La Jornada Le 30 juin 2013, Vers un autre Brésil, Guillermo Almeyra
Les
soi-disant gouvernements « progressistes » appliquent des politiques
néolibérales, légèrement modifiés par des
mesures de protection sociale pour soutenir la consommation
intérieure, et une forte intervention de l'Etat pour affirmer la
domination capitaliste en général, avec en particulier un consensus
apprécié - qui vient en grande partie de la peur d’un plus grand mal
déjà connu.
Le gouvernement Lula et celui de
Dilma Rousseff n'ont pas fait de réforme agraire, mais au contraire ils
ont renforcé l'agrobusiness, et transformé les terres où
on cultivait les éléments de base de l'alimentation populaire par la
production de canne à sucre qui est cultivée pour produire de
l'éthanol, préférant les automobiles aux Brésiliens, ils ont
permis que le grand capital gagne comme jamais auparavant, et ils
ont réprimé sans dégoût dans les favelas, dans les champs, dans les
régions autochtones. Poussé par les difficultés économiques
(l'économie a progressé de seulement 0,9 %, alors que le taux de
fécondité atteint 2,14 %, ce qui montre que, par tête d'habitants, les
Brésiliens s’appauvrissent), ces gouvernements ont favorisé
de plus en plus les transnationales et domestiqué de plus en plus
les syndicats qui font partie de l'appareil d'État capitaliste.
Alors qu’ils conduisent, ce que
Gramsci appelle une révolution passive (c'est-à-dire par les solutions
ci-dessus, limitées et mêlées à des mesures réactionnaires
et antinationales, travailler pour unifier et moderniser le pays),
les autorités croient qu’il suffit d’acheter des dirigeants
d'organisations sociales, d’empêcher l'indépendance politique de
travailleurs, de chercher des parlementaires alliés dans les partis
bourgeois en leur donnant des privilèges, et se taire pour les pauvres,
avec cadeaux et événements sportifs.
Ils facilitent l’achat de voitures,
de sorte que les villes sont de plus en plus polluées et le trafic
devient de plus en plus chaotique (à Sao Paulo la vitesse
moyenne est passée de 20 kilomètres / heure il y a quelques années à
12 actuellement et un travailleur doit consacrer trois heures par jour
au « plaisir », de se serrer dans des
transports de plus en plus pire et plus cher).

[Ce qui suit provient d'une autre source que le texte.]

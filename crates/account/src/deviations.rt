// S, the deviations from the mean with their sign, and the local numerators that are products of them.
ghost use Rattle.std.specs.Prelude.{◌≡◌, ◌≤◌, ◌<◌, length};
ghost use Rattle.whole.specs.Sum.{sum};
ghost use Rattle.whole.specs.Table.{table, at, pair_at};
ghost use Rattle.account.specs.Measures.{total_of, deviation_of, row_of, local_of};
ghost use Rattle.account.specs.Steps.{most_local, Sized};

use crate::lists::{self, Summed, Weighed, ZoneValues};

// S.
pub(super) fn total(list: &ZoneValues) -> i64
    ensures { result ≡ total_of (at list.now.values.now) list.now.n }
{
    // by a loop, as all sums here: for a signed sum at the end of a chain the check finds no bound
    let mut acc: i64 = 0;
    for x in list.values {
        acc += i64::from(*x);
    }
    acc
}

// The deviations d(i), with their sign, from S.
pub(super) fn deviations(summed: &Summed, d: &mut [i64])
    requires { length d.old ≡ summed.now.list.n }
    ensures { d.new ≡ table (deviation_of (at summed.now.list.values.now) summed.now.list.n) summed.now.list.n }
{
    let ZoneValues { n, values } = summed.list;
    let total = summed.total;
    // no From leads here from a usize, and TryFrom and an unwrap are no plainer
    let count = n as i64;
    // by place: of a zip over iter_mut no proof knows what it wrote
    for (i, deviation) in d.iter_mut().enumerate() {
        *deviation = count * i64::from(values[i]) - total;
    }
}

// The weighted neighbours of zone i: the sum over j of w(i,j) d(j). That i is below n is a clause here, and where a walk over the zones
// calls: a type for it is no plainer, as each function would still have to say that its n is this one.
pub(super) fn neighbour_sum(weighed: &Weighed, i: usize) -> i64
    requires { i < weighed.now.n }
    ensures { result ≡ row_of (pair_at weighed.now.weights.now weighed.now.n) (λ i j. at weighed.now.d.now j) i weighed.now.n }
{
    let d = weighed.d;
    let row = lists::row(weighed.weights, weighed.n, i);
    let mut acc: i64 = 0;
    // by j: a zip is no plainer, as it ends at the shorter and both must be known to have n; measured, few zones took a tenth longer
    for (j, weight) in row.iter().enumerate() {
        acc += i64::from(*weight) * d[j];
    }
    acc
}

// The local numerators L(i).
pub(super) fn local_numerators(weighed: &Weighed, locals: &mut [i64])
    requires { length locals.old ≡ weighed.now.n }
    ensures { locals.new
        ≡ table (local_of (pair_at weighed.now.weights.now weighed.now.n) (at weighed.now.d.now) weighed.now.n) weighed.now.n }
{
    let d = weighed.d;
    // by place: of a zip over iter_mut no proof knows what it wrote
    for (i, local) in locals.iter_mut().enumerate() {
        let neighbours = neighbour_sum(weighed, i);
        *local = d[i] * neighbours;
    }
}

// The sum of local numerators. S has a loop of its own: its values have 32 bits each, and another bound.
pub(super) fn sum_of(locals: &[i64]) -> i64
    requires few { length locals.now ≤ 64 }
    requires sized { Sized most_local locals.now (length locals.now) }
    ensures { result ≡ sum (at locals.now) (length locals.now) }
{
    let mut acc: i64 = 0;
    for local in locals {
        acc += *local;
    }
    acc
}
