// The job of the zones kept: its lists are gathered, and what is worked of a zone is put back at it.
ghost use Rattle.std.specs.Prelude.{◌≡◌, ◌*◌, ◌+◌, ◌≤◌, ◌<◌, ltb, length, get_or, slice_get, ℕ};
ghost use Rattle.whole.specs.Search.{count};
ghost use Rattle.whole.specs.Table.{table, table_rows, at, pair_at};
ghost use Rattle.kept.specs.Kept.{kept_zones};
ghost use Rattle.kept.specs.Returned.{reduced};
ghost use Rattle.account.specs.Steps.{Zones, gathered_pairs, place_in, at_place, placed_number};

use crate::lists::{self, JobLists, LentLists, ShuffleRow, ShuffleRows};

// The lists of a job with the zones that are kept of it, rising, by the weights that count. Weights between zones kept are those lent.
#[derive(Clone, Copy)]
pub(super) struct KeptLists<'a> {
    pub(super) job: LentLists<'a>,
    pub(super) zones: &'a [u8],
    ghost kept: { zones.now ≡ kept_zones job.n (reduced job.n job.values.now job.weights.now) },
    ghost rising: { Zones zones.now job.n },
}

// What a list holds at so many numbers, one after another.
pub(super) fn pick<T: Copy>(list: &[T], numbers: &[u8], out: &mut [T])
    requires below { (k : ℕ) → k < length numbers.now → get_or numbers.now k 0 < length list.now }
    requires out_len { length out.old ≡ length numbers.now }
    ensures { (k : ℕ) → k < length numbers.now → slice_get out.new k ≡ slice_get list.now (get_or numbers.now k 0) }
{
    // by place: of a zip over iter_mut no proof knows what it wrote
    for (k, number) in numbers.iter().enumerate() {
        let number = usize::from(*number);
        out[k] = list[number];
    }
}

impl<'a> KeptLists<'a> {
    // The job as it was lent, where every zone is kept: each value is returned then.
    pub(super) fn whole(&self) -> JobLists<'a>
        requires { length self.now.zones.now ≡ self.now.job.n }
        ensures n { result.n ≡ self.now.job.n }
        ensures values { result.values.now ≡ self.now.job.values.now }
        ensures weights { result.weights.now ≡ self.now.job.weights.now }
    {
        let LentLists { n, values, weights } = self.job;
        JobLists { n, values, weights }
    }

    // What a list that has an entry for each zone holds of the zones kept.
    pub(super) fn gather<T: Copy>(&self, list: &[T], out: &mut [T])
        requires list_len { length list.now ≡ self.now.job.n }
        requires out_len { length out.old ≡ length self.now.zones.now }
        ensures { (k : ℕ) → k < length self.now.zones.now → slice_get out.new k
            ≡ slice_get list.now (get_or self.now.zones.now k 0) }
    {
        pick(list, self.zones, out);
    }

    // What a list that has a row for each zone holds of the pairs of the zones kept.
    pub(super) fn gather_pairs(&self, pairs: &[u8], out: &mut [u8])
        requires pairs_len { length pairs.now ≡ self.now.job.n * self.now.job.n }
        requires out_len { length out.old ≡ length self.now.zones.now * length self.now.zones.now }
        ensures { out.new ≡ gathered_pairs self.now.job.n pairs.now self.now.zones.now }
    {
        let n = self.job.n;
        let many = self.zones.len();
        for (k, zone) in self.zones.iter().enumerate() {
            let row = lists::row(pairs, n, usize::from(*zone));
            let first = k * many;
            self.gather(row, &mut out[first..first + many]);
        }
    }

    // The place of each zone among those kept; one that is left out has their number.
    pub(super) fn find_places(&self, places: &mut [u8])
        requires { length places.old ≡ self.now.job.n }
        ensures { places.new ≡ table (place_in self.now.zones.now) self.now.job.n }
    {
        // The number of zones kept stands for no place: `get` finds nothing there, and an Option for each zone would be matched to the same
        // end. no From leads here from a usize, twice; TryFrom and an unwrap is no plainer, and a place is at most 64
        places.fill(self.zones.len() as u8);
        for (k, zone) in self.zones.iter().enumerate() {
            places[usize::from(*zone)] = k as u8;
        }
    }
}

// Each zone's number, by its place; 0 where it has none.
pub(super) fn put_back(places: &[u8], numbers: &[i64], out: &mut [i64])
    requires { length out.old ≡ length places.now }
    ensures { out.new
        ≡ table (at_place places.now (length numbers.now) (at numbers.now)) (length places.now) }
{
    // by place: of a zip over iter_mut no proof knows what it wrote
    for (i, number) in out.iter_mut().enumerate() {
        let place = usize::from(places[i]);
        *number = numbers.get(place).copied().unwrap_or(0);
    }
}

// The same of nine rows of numbers, class by class.
pub(super) fn put_back_rows(places: &[u8], many: usize, numbers: &[i64], out: &mut [i64])
    requires places_len_bound { length places.now ≤ 64 }
    requires many_bound { many ≤ 64 }
    requires numbers_len { length numbers.now ≡ 9 * many }
    requires out_len { length out.old ≡ 9 * length places.now }
    ensures { out.new
        ≡ table_rows (λ k. at_place places.now many (λ a. at numbers.now (k * many + a))) 9
        (length places.now) }
{
    let n = places.len();
    for k in 0..9 {
        let from = k * many;
        let first = k * n;
        put_back(
            places,
            &numbers[from..from + many],
            &mut out[first..first + n],
        );
    }
}

// The numbers of a shuffle that have a place below the length of `out`, in order, each by its place.
pub(super) fn keep_row(row: &ShuffleRow, places: &[u8], out: &mut [u8])
    requires places_len { length places.now ≡ length row.now.zones.now }
    requires n_value { count (λ i. ltb (get_or places.now i 0) (length out.old)) (length row.now.zones.now) ≡ length out.old }
    ensures { out.new
        ≡ table (placed_number places.now (length out.old) (length row.now.zones.now) (λ i. get_or row.now.zones.now i 0))
        (length out.old) }
{
    // counts the numbers that have a place, and not the turns: a chain of map, filter and enumerate has their number too, and is no
    // plainer, as long as this loop and with two closures
    let mut k: usize = 0;
    for zone in row.zones {
        let place = places[usize::from(*zone)];
        if usize::from(place) < out.len() {
            out[k] = place;
            k += 1;
        }
    }
}

// The same of each of so many shuffles.
pub(super) fn keep_rows(shuffles: &ShuffleRows, places: &[u8], many: usize, out: &mut [u8])
    requires places_len { length places.now ≡ shuffles.now.n }
    requires n_value { count (λ i. ltb (get_or places.now i 0) many) shuffles.now.n ≡ many }
    requires out_len { length out.old ≡ shuffles.now.rows * many }
    ensures { out.new
        ≡ table_rows (λ r. placed_number places.now many shuffles.now.n (pair_at shuffles.now.shuffles.now shuffles.now.n r))
        shuffles.now.rows many }
{
    // by place: of a chunk that chunks_exact_mut lends no proof knows what was written
    for r in 0..shuffles.rows {
        let row = shuffles.shuffle(r);
        let first = r * many;
        keep_row(&row, places, &mut out[first..first + many]);
    }
}
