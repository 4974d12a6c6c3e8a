//! What the functions of an ordering module share in one step: the parameters, and the fact that they are good.
#![tactic(auto)]

pub mod context;

pub use context::{Context, Modelled};
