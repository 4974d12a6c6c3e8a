//! The context of a module's step.
ghost use Rattle.std.specs.Prelude.{◌≡◌};
ghost use Rattle.std.proofs.Props.{props};
ghost use Rattle.iss_sb.specs.Calls.{IsGoodParams};
ghost use Rattle.iss_sb.specs.Evidence.{Module};
ghost use Rattle.sb_context.specs.Good.{good_parts};

use iss_sb::Params;
use std::alloc::Global;
use std::marker::PhantomData;

/// A module's model. `Sequenced` has it too, but its calls are made of functions that take a `Context`.
pub trait Modelled {
    type Msg;

    ghost spec: { Module Self.Msg };
}

/// What a step of module `M` is made with. It is built where the trait's call enters and handed down, so that no
/// private function has to require good parameters.
#[derive(Drop)]
pub struct Context<'a, M: Modelled> {
    pub alloc: Global,
    pub p: &'a Params,
    module: PhantomData<M>,
    ghost good: { IsGoodParams M.spec p.now } by { Prim.hlevel (good_parts, props) },
}

impl<'a, M: Modelled> Context<'a, M> {
    /// The context of a step with these parameters.
    pub fn of(alloc: Global, p: &'a Params) -> Context<'a, M>
        requires { IsGoodParams M.spec p.now }
        ensures { result.p.now ≡ p.now }
    {
        Context {
            alloc,
            p,
            module: PhantomData,
        }
    }

    /// The number of nodes.
    pub fn nodes(&self) -> u8
        ensures { result ≡ self.now.p.now.setup.n }
    {
        self.p.setup.n as u8
    }
}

Alors que les inégalités sociales
se développent, ces gouvernements confondent le soutien électoral et un
chèque en blanc pour faire quoi que ce soit. C’est pour
ça, par exemple, qu’en Bolivie éclata le gasolinazo (augmentation de
80 % du prix du carburant, sans préavis) qu'Evo Morales annula le
lendemain et le Brésil urbain se lève quand augmente
l'extorsion d’argent par la hausse du prix du billet pour le
transport public (déjà cher, puisqu'un habitant de Sao Paulo doit
consacrer à lui verser l'équivalent de 14 minutes de salaire minimum
contre seulement 1 minute et 31 secondes pour un travailleur de
Buenos-Aires) et s’ajouta l'affront intolérable de la sauvage répression
de la police militaire.
Même si Dilma et le gouvernement
ont annulé cette augmentation, ils ne répondirent pas ainsi à la cause
première de la protestation, qui a éclaté à l'occasion de
la mesure, mais avec des racines beaucoup plus profondes tenant à la
rage accumulée par la détérioration de la qualité de vie,
l'augmentation de l’exploitation, la richesse honteuse de
l'oligarchie, la corruption de l'État, la violence de l'appareil
d'État. Les gouvernements qui acceptent le capitalisme comme un cadre
unique, qui veille à « l’humaniser » et qui théorisent,
comme Cristina Fernández avec Laclau, qu'il n’existe plus de lutte
de classes ni de classes, se retrouvent tout d’un coup face à des
travailleurs et des classes moyennes pauvres qui ne se
contentent plus de Bourses de famille, de la télévision et du
football quand ils se voient obligés de faire comme les plus pauvres, ne
mangeant que deux fois et il faudrait qu’ils appelle ça un
énorme progrès.
C’est la base du lullisme-dilmismo
qui se divise aujourd'hui entre ceux qui n’ont aucune terre ou de
solutions dans le monde rural et qui étant très limités dans
leurs attentes économiques ne peuvent protester, et les autres, plus
instruits, des secteurs urbains qui ne veulent pas vivre seulement
d’assistance sociale et de football et qui demandent la
démocratie, une éducation décente ou la qualité de vie.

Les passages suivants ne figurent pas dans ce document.